=== MATERIAL SHOWN ===
= = = = = = =
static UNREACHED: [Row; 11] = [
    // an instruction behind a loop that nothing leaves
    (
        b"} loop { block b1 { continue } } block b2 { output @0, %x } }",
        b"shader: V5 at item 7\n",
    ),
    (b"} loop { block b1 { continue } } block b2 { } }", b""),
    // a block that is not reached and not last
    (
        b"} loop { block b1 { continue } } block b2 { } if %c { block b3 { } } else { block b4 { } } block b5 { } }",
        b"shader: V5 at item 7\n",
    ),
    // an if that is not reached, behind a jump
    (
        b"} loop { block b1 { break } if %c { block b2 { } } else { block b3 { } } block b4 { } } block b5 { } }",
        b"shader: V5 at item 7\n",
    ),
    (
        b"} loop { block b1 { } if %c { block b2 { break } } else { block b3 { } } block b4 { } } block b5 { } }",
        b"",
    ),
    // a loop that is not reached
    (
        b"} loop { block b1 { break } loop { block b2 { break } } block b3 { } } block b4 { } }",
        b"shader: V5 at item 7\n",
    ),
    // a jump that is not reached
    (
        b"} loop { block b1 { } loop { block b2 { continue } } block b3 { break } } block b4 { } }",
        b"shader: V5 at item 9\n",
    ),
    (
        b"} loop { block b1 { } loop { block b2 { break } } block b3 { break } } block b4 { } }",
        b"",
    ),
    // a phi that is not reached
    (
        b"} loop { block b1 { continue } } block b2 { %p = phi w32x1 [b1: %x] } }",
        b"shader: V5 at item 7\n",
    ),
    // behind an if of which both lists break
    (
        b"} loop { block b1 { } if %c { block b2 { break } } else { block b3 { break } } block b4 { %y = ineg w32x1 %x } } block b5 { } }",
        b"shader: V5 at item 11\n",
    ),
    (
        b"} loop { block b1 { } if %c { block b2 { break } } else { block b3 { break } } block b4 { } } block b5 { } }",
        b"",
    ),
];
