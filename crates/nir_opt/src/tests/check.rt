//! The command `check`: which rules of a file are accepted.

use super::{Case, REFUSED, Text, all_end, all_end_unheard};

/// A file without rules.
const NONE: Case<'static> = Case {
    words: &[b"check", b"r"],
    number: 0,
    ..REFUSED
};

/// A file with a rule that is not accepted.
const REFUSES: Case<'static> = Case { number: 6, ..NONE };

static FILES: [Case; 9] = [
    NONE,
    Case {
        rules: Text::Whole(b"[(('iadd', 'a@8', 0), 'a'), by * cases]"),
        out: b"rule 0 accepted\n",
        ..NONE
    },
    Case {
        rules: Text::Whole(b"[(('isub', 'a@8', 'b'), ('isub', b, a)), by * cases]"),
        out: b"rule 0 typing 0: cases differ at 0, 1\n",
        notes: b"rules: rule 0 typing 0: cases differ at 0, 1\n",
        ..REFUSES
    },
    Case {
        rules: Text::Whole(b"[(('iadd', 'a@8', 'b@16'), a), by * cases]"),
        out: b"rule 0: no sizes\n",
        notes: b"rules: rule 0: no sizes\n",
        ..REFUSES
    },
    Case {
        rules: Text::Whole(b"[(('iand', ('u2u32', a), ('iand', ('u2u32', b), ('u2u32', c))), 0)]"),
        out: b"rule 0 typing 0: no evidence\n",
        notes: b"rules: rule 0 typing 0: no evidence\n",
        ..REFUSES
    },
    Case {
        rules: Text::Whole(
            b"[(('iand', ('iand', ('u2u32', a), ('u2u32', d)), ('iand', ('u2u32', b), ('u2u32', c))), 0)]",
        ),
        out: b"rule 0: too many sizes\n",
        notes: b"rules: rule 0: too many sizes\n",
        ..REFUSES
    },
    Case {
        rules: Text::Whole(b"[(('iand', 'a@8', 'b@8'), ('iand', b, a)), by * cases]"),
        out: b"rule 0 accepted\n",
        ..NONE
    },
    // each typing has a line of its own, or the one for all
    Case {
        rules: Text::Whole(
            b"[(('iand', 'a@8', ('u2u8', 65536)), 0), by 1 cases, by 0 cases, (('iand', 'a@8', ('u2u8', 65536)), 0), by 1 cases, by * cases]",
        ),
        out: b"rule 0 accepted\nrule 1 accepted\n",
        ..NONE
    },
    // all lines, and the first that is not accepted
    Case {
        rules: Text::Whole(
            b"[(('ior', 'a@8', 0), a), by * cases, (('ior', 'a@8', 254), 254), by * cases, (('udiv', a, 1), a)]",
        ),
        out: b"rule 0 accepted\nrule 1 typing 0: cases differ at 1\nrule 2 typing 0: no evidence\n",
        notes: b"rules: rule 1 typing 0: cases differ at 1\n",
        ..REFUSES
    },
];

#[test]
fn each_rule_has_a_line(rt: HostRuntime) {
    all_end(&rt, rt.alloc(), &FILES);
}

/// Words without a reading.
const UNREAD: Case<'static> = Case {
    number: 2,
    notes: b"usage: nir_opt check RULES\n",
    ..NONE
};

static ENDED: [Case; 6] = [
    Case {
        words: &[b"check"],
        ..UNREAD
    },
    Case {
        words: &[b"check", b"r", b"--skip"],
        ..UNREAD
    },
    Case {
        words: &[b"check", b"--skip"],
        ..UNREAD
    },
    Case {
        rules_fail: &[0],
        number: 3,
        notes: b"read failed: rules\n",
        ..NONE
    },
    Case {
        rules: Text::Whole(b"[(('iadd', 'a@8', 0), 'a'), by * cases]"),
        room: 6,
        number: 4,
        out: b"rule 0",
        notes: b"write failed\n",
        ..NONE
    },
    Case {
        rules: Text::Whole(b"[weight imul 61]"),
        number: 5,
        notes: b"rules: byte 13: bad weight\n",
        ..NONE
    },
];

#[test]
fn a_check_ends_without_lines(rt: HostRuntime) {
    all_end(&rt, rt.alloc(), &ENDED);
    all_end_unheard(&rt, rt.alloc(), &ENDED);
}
= = = = = = =
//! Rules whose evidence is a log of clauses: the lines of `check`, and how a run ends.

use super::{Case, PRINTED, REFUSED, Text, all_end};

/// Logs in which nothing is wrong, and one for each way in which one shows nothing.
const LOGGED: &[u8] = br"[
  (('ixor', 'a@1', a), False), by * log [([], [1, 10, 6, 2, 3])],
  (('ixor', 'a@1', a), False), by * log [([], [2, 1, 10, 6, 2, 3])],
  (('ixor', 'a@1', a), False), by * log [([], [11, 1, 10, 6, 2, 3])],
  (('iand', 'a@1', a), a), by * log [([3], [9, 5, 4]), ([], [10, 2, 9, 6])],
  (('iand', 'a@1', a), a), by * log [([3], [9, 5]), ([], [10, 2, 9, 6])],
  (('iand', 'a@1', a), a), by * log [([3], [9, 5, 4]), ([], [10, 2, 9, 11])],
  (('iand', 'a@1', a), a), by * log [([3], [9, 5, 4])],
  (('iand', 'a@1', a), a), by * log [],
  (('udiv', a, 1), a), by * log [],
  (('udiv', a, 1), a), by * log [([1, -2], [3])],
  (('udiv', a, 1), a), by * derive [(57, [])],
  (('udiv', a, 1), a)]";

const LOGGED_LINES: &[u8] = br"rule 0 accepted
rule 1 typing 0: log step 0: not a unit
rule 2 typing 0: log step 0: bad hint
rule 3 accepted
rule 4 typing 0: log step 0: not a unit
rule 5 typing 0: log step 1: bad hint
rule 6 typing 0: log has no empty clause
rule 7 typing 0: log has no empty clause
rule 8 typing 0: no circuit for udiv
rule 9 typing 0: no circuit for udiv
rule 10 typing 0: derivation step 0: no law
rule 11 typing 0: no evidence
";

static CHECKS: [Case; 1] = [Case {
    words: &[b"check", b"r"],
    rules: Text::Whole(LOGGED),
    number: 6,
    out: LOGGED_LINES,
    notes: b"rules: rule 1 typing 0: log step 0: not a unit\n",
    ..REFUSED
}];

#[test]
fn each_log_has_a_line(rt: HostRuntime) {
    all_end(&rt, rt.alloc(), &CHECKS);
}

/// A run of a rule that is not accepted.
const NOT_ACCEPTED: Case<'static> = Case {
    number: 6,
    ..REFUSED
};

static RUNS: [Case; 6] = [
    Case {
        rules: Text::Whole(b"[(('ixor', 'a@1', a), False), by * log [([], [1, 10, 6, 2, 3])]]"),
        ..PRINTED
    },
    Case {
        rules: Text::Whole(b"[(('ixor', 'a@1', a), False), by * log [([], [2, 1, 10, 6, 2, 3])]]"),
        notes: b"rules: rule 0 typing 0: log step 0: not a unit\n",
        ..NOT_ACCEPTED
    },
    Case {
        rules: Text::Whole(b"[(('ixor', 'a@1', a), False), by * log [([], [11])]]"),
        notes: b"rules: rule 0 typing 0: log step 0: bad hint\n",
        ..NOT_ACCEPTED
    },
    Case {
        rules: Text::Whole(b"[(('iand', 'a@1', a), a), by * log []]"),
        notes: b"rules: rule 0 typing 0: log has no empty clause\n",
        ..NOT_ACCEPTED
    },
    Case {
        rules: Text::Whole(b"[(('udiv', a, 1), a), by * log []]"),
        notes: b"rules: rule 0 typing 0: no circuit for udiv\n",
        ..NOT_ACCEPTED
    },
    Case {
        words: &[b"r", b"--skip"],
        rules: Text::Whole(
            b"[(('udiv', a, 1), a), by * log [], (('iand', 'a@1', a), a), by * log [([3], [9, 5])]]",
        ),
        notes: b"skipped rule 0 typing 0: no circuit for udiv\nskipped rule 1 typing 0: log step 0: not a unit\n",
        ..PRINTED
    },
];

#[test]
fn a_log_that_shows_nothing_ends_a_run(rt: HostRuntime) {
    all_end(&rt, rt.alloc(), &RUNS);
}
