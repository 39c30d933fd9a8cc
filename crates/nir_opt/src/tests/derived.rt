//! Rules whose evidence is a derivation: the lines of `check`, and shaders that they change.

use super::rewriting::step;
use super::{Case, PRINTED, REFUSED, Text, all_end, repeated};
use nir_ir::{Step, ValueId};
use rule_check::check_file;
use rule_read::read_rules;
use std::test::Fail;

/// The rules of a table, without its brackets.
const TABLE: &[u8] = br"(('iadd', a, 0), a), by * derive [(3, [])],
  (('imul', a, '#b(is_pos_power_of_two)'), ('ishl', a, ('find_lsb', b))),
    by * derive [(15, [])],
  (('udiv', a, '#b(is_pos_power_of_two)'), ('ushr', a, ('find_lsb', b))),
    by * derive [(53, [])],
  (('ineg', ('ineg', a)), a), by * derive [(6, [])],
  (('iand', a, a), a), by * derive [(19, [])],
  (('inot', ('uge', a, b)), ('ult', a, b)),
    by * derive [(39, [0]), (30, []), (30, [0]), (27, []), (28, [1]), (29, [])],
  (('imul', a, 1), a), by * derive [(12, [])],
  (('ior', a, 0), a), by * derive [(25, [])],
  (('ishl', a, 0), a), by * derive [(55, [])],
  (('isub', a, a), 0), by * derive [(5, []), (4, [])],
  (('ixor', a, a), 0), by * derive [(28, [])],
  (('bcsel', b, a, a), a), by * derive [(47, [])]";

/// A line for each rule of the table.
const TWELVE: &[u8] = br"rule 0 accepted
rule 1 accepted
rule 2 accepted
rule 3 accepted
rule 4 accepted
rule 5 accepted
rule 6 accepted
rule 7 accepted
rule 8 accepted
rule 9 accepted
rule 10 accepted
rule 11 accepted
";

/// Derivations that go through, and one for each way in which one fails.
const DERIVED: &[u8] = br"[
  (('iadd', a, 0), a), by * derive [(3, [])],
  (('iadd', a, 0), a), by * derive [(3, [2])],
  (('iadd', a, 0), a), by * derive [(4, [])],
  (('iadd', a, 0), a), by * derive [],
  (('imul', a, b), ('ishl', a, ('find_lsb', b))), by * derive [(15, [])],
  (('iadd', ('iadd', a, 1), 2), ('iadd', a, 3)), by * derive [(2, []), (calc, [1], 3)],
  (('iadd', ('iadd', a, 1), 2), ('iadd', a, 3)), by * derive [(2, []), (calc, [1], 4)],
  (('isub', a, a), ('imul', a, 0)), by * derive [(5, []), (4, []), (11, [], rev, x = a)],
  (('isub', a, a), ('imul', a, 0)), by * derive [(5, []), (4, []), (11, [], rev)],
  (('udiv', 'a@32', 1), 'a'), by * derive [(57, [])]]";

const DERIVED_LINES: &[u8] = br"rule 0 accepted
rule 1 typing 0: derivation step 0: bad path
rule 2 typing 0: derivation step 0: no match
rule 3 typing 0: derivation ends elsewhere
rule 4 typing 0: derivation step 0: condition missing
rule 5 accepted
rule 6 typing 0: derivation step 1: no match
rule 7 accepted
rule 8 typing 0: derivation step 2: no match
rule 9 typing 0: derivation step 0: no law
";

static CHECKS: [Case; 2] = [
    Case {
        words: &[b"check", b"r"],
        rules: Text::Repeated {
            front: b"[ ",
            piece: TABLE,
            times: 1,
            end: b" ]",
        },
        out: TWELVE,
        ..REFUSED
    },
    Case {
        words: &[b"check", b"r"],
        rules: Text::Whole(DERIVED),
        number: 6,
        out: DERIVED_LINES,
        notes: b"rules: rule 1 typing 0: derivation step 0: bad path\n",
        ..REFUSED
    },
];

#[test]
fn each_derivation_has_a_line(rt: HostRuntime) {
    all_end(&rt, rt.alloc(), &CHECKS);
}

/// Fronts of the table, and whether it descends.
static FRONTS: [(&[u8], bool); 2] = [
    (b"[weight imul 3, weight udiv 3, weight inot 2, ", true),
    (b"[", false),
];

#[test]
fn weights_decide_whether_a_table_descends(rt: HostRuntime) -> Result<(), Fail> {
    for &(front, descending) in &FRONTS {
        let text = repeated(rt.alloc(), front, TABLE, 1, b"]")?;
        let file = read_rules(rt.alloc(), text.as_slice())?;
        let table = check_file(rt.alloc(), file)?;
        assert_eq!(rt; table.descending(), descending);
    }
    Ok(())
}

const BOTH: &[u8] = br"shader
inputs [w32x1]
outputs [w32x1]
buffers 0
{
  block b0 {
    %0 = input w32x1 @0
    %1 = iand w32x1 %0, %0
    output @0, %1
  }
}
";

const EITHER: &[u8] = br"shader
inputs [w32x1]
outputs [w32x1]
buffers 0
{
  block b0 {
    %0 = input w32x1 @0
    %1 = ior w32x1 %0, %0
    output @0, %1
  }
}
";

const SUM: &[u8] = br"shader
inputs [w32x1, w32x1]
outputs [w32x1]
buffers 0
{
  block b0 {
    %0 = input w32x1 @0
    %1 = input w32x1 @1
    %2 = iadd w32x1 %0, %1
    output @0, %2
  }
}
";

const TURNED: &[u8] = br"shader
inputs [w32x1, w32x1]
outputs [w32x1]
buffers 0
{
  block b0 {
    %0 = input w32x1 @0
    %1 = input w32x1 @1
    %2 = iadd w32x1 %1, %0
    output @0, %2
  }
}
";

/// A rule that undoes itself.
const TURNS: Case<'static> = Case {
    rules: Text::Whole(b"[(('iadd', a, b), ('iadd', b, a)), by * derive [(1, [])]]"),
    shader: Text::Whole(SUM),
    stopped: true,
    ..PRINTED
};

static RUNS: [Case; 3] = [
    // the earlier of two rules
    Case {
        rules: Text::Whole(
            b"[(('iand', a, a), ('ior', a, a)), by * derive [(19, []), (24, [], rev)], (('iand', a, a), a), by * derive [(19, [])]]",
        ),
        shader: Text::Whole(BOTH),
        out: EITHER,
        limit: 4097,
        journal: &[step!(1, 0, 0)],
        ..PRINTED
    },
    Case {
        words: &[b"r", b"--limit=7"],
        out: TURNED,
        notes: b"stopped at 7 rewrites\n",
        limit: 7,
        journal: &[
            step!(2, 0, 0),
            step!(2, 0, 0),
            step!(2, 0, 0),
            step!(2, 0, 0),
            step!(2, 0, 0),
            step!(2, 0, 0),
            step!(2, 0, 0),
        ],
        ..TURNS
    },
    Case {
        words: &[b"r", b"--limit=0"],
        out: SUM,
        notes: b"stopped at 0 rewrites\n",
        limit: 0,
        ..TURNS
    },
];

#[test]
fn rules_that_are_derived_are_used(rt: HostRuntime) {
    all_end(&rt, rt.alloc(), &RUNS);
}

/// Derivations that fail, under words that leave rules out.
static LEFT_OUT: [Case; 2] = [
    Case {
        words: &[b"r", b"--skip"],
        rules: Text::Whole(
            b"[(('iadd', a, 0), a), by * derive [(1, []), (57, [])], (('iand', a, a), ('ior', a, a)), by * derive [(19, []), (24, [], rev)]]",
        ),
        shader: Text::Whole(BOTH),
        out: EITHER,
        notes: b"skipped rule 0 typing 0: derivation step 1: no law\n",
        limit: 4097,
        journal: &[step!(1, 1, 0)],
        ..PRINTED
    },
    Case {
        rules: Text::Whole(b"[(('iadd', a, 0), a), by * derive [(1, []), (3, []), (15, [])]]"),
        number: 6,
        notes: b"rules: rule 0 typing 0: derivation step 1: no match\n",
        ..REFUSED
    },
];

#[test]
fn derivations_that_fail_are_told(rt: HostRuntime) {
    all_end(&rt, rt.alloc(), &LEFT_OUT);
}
= = = = = = =
=== TASK DIRECTIONS ===
Report all lines in the listing above that contain the word "limit".

=== EXERCISE OUTPUT ===
        limit: 4097,
        words: &[b"r", b"--limit=7"],
        limit: 7,
        words: &[b"r", b"--limit=0"],
        limit: 0,
        limit: 4097,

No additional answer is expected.